The DOT output that is generated is of the form shown in Example 1-13.

Example 1-13. Example DOT language output

strict digraph {
"@ericastolte" -> "bonitasworld" [tweet_id=11965974697];
"@mpcoelho" -> "Lil_Amaral" [tweet_id=11965954427];
"@BieberBelle123" -> "BELIEBE4EVER" [tweet_id=11966261062];
"@BieberBelle123" -> "sabrina9451" [tweet_id=11966197327];
}

With DOT language output on hand, the next step is to convert it into an image. Graphviz itself provides a variety of layout algorithms to visualize the exported graph; circo, a tool used to render graphs in a circular-style layout, should work well given that the data suggested that the graph would exhibit the shape of an ego graph with a “hub and spoke”-style topology, with one central node being highly connected to many nodes having a degree of 1. On a *nix platform, the following command converts the snl_search_results.dot file exported from NetworkX into an snl_search_results.dot.png file that you can open in an image viewer (the result of the operation is displayed in Figure 1-2):

$ circo -Tpng -Osnl_search_results snl_search_results.dot
Our search results rendered in a circular layout with Graphviz

Figure 1-2. Our search results rendered in a circular layout with Graphviz

Windows users can use the GVedit application to render the file as shown in Figure 1-3. You can read more about the various Graphviz options in the online documentation. Visual inspection of the entire graphic file confirms that the characteristics of the graph align with our previous analysis, and we can visually confirm that the node with the highest degree is @justinbieber, the subject of so much discussion (and, in case you missed that episode of SNL, the guest host of the evening). Keep in mind that if we had harvested a lot more tweets, it is very likely that we would have seen many more interconnected subgraphs than are evidenced in the sampling of 500 tweets that we have been analyzing. Further analysis of the graph is left as a voluntary exercise for the reader, as the primary objective of this chapter was to get your development environment squared away and whet your appetite for more interesting topics.

Graphviz appears elsewhere in this book, and if you consider yourself to be a data scientist (or are aspiring to be one), it is a tool that you’ll want to master. That said, we’ll also look at many other useful approaches to visualizing graphs. In the chapters to come, we’ll cover additional outlets of social web data and techniques for analysis.

Synthesis: Visualizing Retweets with Protovis

A turn-key example script that synthesizes much of the content from this chapter and adds a visualization is how we’ll wrap up this chapter. In addition to spitting some useful information out to the console, it accepts a search term as a command line parameter, fetches, parses, and pops up your web browser to visualize the data as an interactive HTML5-based graph. It is available through the official code repository for this book at http://github.com/ptwobrussell/Mining-the-Social-Web/blob/master/python_code/introduction__retweet_visualization.py.
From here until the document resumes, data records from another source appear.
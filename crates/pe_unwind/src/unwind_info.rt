//! Reads UNWIND_INFO, the unwind info of a function, and the infos to which it is chained.

ghost use Rattle.std.specs.Prelude.{◌≡◌, ◌≤◌, length};
ghost use Rattle.pe_unwind.specs.UnwindErrors.{Gives};
ghost use Rattle.pe_unwind.specs.UnwindInfo.{code_bytes, frame_of, info_address, info_at, info_in, parent_at};
ghost use Rattle.pe_unwind.specs.UnwindInfo.{parent_of, parents_of};

use crate::registers::{Register, numbered};
use crate::unwind_codes::{UnwindCode, unwind_codes};
use crate::unwind_errors::{EntryError, UnwindError};
use pe_image::{Image, function_entry_at};
use std::alloc::Global;
use std::marker::Model;

/// The size of an info's header in bytes.
const HEADER: usize = 4;

/// The size of an entry of the exception directory in bytes.
const ENTRY: usize = 12;

/// The maximum length of a chain of infos.
const MOST_PARENTS: usize = 32;

/// The register by which a function addresses its frame.
#[derive(Debug, Clone, Copy, PartialEq, Eq)]
pub struct FrameRegister {
    pub register: Register,
    /// How far above the frame's base the register points, in bytes.
    pub offset: u8,
}

/// An unwind info.
#[derive(Drop)]
pub struct UnwindInfo {
    /// 1 or 2.
    pub version: u8,
    /// The size of the prologue in bytes.
    pub prologue_size: u8,
    pub frame: Option<FrameRegister>,
    /// The codes in file order: that of the last instruction comes first.
    pub codes: Vec<UnwindCode>,
    /// The address of the info to which this one is chained, relative to the image base.
    pub parent: Option<u32>,
}

impl Model for UnwindInfo {
    ghost use Rattle.pe_unwind.specs.UnwindInfo.{Info};

    ghost Value = { Info };

    ghost view = { λ info. record {
      version = info.version;
      prologue_size = info.prologue_size;
      frame = info.frame;
      codes = info.codes.items;
      parent = info.parent;
    } };
}

/// Reads the infos to which an info is chained, in the order of the chain.
#[tactic(auto, unfolding(crate::specs::UnwindInfo::parents_of))]
pub(crate) fn parents_of(
    alloc: Global,
    image: &Image<'_>,
    parent: Option<u32>,
) -> Result<Vec<UnwindInfo>, UnwindError>
    ensures answer { Gives (λ parents. parents.items) result (parents_of image.now parent) }
{
    let mut parents = Vec::new(alloc);
    let mut next = parent;
    for _ in 0..MOST_PARENTS {
        let Some(rva) = next else {
            return Ok(parents);
        };
        let info = info_at(alloc, image, rva)?;
        next = info.parent;
        parents.push(info)?;
    }
    if next.is_some() {
        return Err(UnwindError::Refused(EntryError::ChainTooLong));
    }
    Ok(parents)
}

/// Reads the info to which an entry refers.
#[tactic(auto, unfolding(crate::specs::UnwindInfo::info_at))]
pub(crate) fn info_at(alloc: Global, image: &Image<'_>, rva: u32) -> Result<UnwindInfo, UnwindError>
    ensures answer { Gives (λ info. info) result (info_at image.now rva) }
{
    let address = info_address(image, rva)?;
    info_in(alloc, image.bytes_from(address))
}

// The address of the info to which an entry refers.
fn info_address(image: &Image<'_>, rva: u32) -> Result<u32, UnwindError>
    ensures answer { Gives (λ address. address) result (info_address image.now rva) }
{
    if rva % 2 == 0 {
        return Ok(rva);
    }
    let entry = image.bytes_from(rva - 1);
    if entry.len() < ENTRY {
        return Err(UnwindError::Refused(EntryError::InfoOutsideOfImage));
    }
    Ok(function_entry_at(entry).info)
}

// Reads the info at the start of these bytes.
fn info_in(alloc: Global, bytes: &[u8]) -> Result<UnwindInfo, UnwindError>
    ensures answer { Gives (λ info. info) result (info_in bytes.now) }
{
    if bytes.len() < HEADER {
        return Err(UnwindError::Refused(EntryError::InfoOutsideOfImage));
    }
    let version = bytes[0] % 8;
    if version != 1 && version != 2 {
        return Err(UnwindError::Refused(EntryError::UnknownVersion));
    }
    let slots = code_bytes(bytes)?;
    let codes = unwind_codes(alloc, version, slots)?;
    let parent = parent_of(bytes)?;
    Ok(UnwindInfo {
        version,
        prologue_size: bytes[1],
        frame: frame_of(bytes[3]),
        codes,
        parent,
    })
}

// Decodes the frame register from its byte.
fn frame_of(byte: u8) -> Option<FrameRegister>
    ensures answer { result ≡ frame_of byte }
{
    if byte % 16 == 0 {
        return None;
    }
    Some(FrameRegister {
        register: numbered(usize::from(byte % 16)),
        offset: byte / 16 * 16,
    })
}

// The bytes of the codes.
fn code_bytes(bytes: &[u8]) -> Result<&[u8], UnwindError>
    requires { 4 ≤ length bytes.now }
    ensures answer { Gives (λ slots. slots.now) result (code_bytes bytes.now) }
{
    let size = 2 * usize::from(bytes[2]);
    if bytes.len() < HEADER + size {
        return Err(UnwindError::Refused(EntryError::CodesCut));
    }
    let (_, rest) = bytes.split_at(HEADER);
    let (slots, _) = rest.split_at(size);
    Ok(slots)
}

// The offset of the parent's entry.
fn parent_at(slots: u8) -> usize
    ensures answer { result ≡ parent_at slots }
    ensures near { result ≤ 516 }
{
    let slots = usize::from(slots);
    HEADER + 2 * (slots + slots % 2)
}

// The address of the info to which this one is chained, if any.
fn parent_of(bytes: &[u8]) -> Result<Option<u32>, UnwindError>
    requires { 4 ≤ length bytes.now }
    ensures answer { Gives (λ parent. parent) result (parent_of bytes.now) }
{
    if bytes[0] / 32 % 2 == 0 {
        return Ok(None);
    }
    let at = parent_at(bytes[2]);
    if bytes.len() < at + ENTRY {
        return Err(UnwindError::Refused(EntryError::InfoOutsideOfImage));
    }
    let (_, entry) = bytes.split_at(at);
    Ok(Some(function_entry_at(entry).info))
}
You are highly encouraged to try it out. We’ll revisit Protovis, the underlying visualization toolkit for this example, in several chapters later in the book. Figure 1-4 illustrates Protovis output from this script. The boilerplate in the sample script is just the beginning—much more can be done!

Windows users can use GVedit instead of interacting with Graphviz at the command prompt

Figure 1-3. Windows users can use GVedit instead of interacting with Graphviz at the command prompt



[7] If you’re not familiar with REST, see the sidebar RESTful Web Services in Chapter 7 for a brief explanation.
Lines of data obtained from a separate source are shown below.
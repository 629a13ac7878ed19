//! Reads unwind codes: what the instructions of a function's prologue did, from the last one to the first.

ghost use Rattle.std.specs.Prelude.{◌≡◌, ◌≤◌, ◌<◌, IfSome};
ghost use Rattle.pe_unwind.specs.UnwindErrors.{Gives};
ghost use Rattle.pe_unwind.specs.UnwindCodes.{code_of, first_code, large_operand, operation_of, slot_count};
ghost use Rattle.pe_unwind.specs.UnwindCodes.{small_operand, unwind_codes};

use crate::registers::{Register, numbered};
use crate::unwind_errors::{EntryError, UnwindError};
use pe_image::{u16_at, u32_at};
use std::alloc::Global;

const UWOP_PUSH_NONVOL: u8 = 0;

const UWOP_ALLOC_LARGE: u8 = 1;

const UWOP_ALLOC_SMALL: u8 = 2;

const UWOP_SET_FPREG: u8 = 3;

const UWOP_SAVE_NONVOL: u8 = 4;

const UWOP_SAVE_NONVOL_FAR: u8 = 5;

const UWOP_EPILOG: u8 = 6;

const UWOP_SPARE_CODE: u8 = 7;

const UWOP_SAVE_XMM128: u8 = 8;

const UWOP_SAVE_XMM128_FAR: u8 = 9;

const UWOP_PUSH_MACHFRAME: u8 = 10;

/// What an instruction of the prologue did.
#[derive(Debug, Clone, Copy, PartialEq, Eq)]
pub enum Operation {
    /// Pushed a register.
    Push(Register),
    /// Moved the stack pointer down by this many bytes.
    Allocate(u32),
    /// Set the frame register.
    SetFrame,
    /// Stored a register this many bytes above the base of the frame.
    Save(Register, u32),
    /// A machine frame that the processor pushed, with an error code or without.
    MachineFrame(bool),
    /// An epilogue of version 2, with the operation info.
    Epilogue(u8),
    /// An operation that doesn't affect general registers.
    Unseen,
}

/// An unwind code.
#[derive(Debug, Clone, Copy, PartialEq, Eq)]
pub struct UnwindCode {
    /// The end of the instruction, in bytes from the function's start.
    pub offset: u8,
    pub operation: Operation,
}

/// Reads all unwind codes in these bytes.
#[tactic(auto, unfolding(crate::specs::UnwindCodes::unwind_codes))]
pub(crate) fn unwind_codes(
    alloc: Global,
    version: u8,
    bytes: &[u8],
) -> Result<Vec<UnwindCode>, UnwindError>
    ensures answer { Gives (λ codes. codes.items) result (unwind_codes version bytes.now) }
{
    let mut codes = Vec::new(alloc);
    let mut rest = bytes;
    for _ in 0..bytes.len() {
        if rest.is_empty() {
            break;
        }
        let (code, behind) = first_code(version, rest)?;
        codes.push(code)?;
        rest = behind;
    }
    Ok(codes)
}

// Reads the first code, and returns it with the bytes after it.
fn first_code(version: u8, bytes: &[u8]) -> Result<(UnwindCode, &[u8]), UnwindError>
    ensures { Gives (λ read. (read.0, read.1.now)) result (first_code version bytes.now) }
{
    let kind = bytes.get(1).copied().unwrap_or(0);
    let Some(count) = slot_count(version, kind % 16, kind / 16) else {
        return Err(UnwindError::Refused(EntryError::UnknownCode));
    };
    code_of(bytes, count)
}

// Reads the first code, which takes `count` slots, and returns it with the bytes after it.
fn code_of(bytes: &[u8], count: usize) -> Result<(UnwindCode, &[u8]), UnwindError>
    requires some { 1 ≤ count }
    requires few { count ≤ 3 }
    ensures { Gives (λ read. (read.0, read.1.now)) result (code_of bytes.now count) }
{
    if bytes.len() < 2 * count {
        return Err(UnwindError::Refused(EntryError::CodesCut));
    }
    let (_, rest) = bytes.split_at(2 * count);
    let (_, operands) = bytes.split_at(2);
    let code = UnwindCode {
        offset: bytes[0],
        operation: operation_of(bytes[1] % 16, bytes[1] / 16, operands),
    };
    Ok((code, rest))
}

// How many slots of two bytes a code takes.
fn slot_count(version: u8, kind: u8, info: u8) -> Option<usize>
    ensures answer { result ≡ slot_count version kind info }
    ensures some { IfSome result (λ count. 1 ≤ count) }
    ensures bound { IfSome result (λ count. count ≤ 3) }
{
    match kind {
        UWOP_PUSH_NONVOL | UWOP_ALLOC_SMALL | UWOP_SET_FPREG | UWOP_PUSH_MACHFRAME => Some(1),
        UWOP_ALLOC_LARGE if info == 0 => Some(2),
        UWOP_ALLOC_LARGE if info == 1 => Some(3),
        UWOP_SAVE_NONVOL | UWOP_SAVE_XMM128 => Some(2),
        UWOP_SAVE_NONVOL_FAR | UWOP_SAVE_XMM128_FAR => Some(3),
        UWOP_EPILOG if version == 2 => Some(1),
        UWOP_SPARE_CODE if version == 2 => Some(3),
        _ => None,
    }
}

// The operation of a code.
fn operation_of(kind: u8, info: u8, operands: &[u8]) -> Operation
    requires { info < 16 }
    ensures { result ≡ operation_of kind info operands.now }
{
    match kind {
        UWOP_PUSH_NONVOL => Operation::Push(numbered(usize::from(info))),
        UWOP_ALLOC_LARGE if info == 0 => Operation::Allocate(small_operand(operands) * 8),
        UWOP_ALLOC_LARGE => Operation::Allocate(large_operand(operands)),
        UWOP_ALLOC_SMALL => Operation::Allocate(u32::from(info) * 8 + 8),
        UWOP_SET_FPREG => Operation::SetFrame,
        UWOP_SAVE_NONVOL => Operation::Save(
            numbered(usize::from(info)),
            small_operand(operands) * 8,
        ),
        UWOP_SAVE_NONVOL_FAR => Operation::Save(
            numbered(usize::from(info)),
            large_operand(operands),
        ),
        UWOP_EPILOG => Operation::Epilogue(info),
        UWOP_PUSH_MACHFRAME => Operation::MachineFrame(info == 1),
        _ => Operation::Unseen,
    }
}

// The number in the slot after a code.
fn small_operand(operands: &[u8]) -> u32
    ensures answer { result ≡ small_operand operands.now }
    ensures small { result < 65536 }
{
    u32::from(u16_at(operands, 0).unwrap_or(0))
}

// The number in the two slots after a code.
fn large_operand(operands: &[u8]) -> u32
    ensures { result ≡ large_operand operands.now }
{
    u32_at(operands, 0).unwrap_or(0)
}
[8] In the present context, compiling a regular expression means transforming it into bytecode so that it can be executed by a matching engine written in C.

[9] See NetworkX Ticket #117, which reveals that this has been a long-standing issue that somehow has not garnered the support to be overcome even after many years of frustration. The underlying issue has to do with the need to compile C code during the easy_install process. The ability to work around this issue fairly easily by generating DOT language output may be partly responsible for why it has remained unresolved for so long.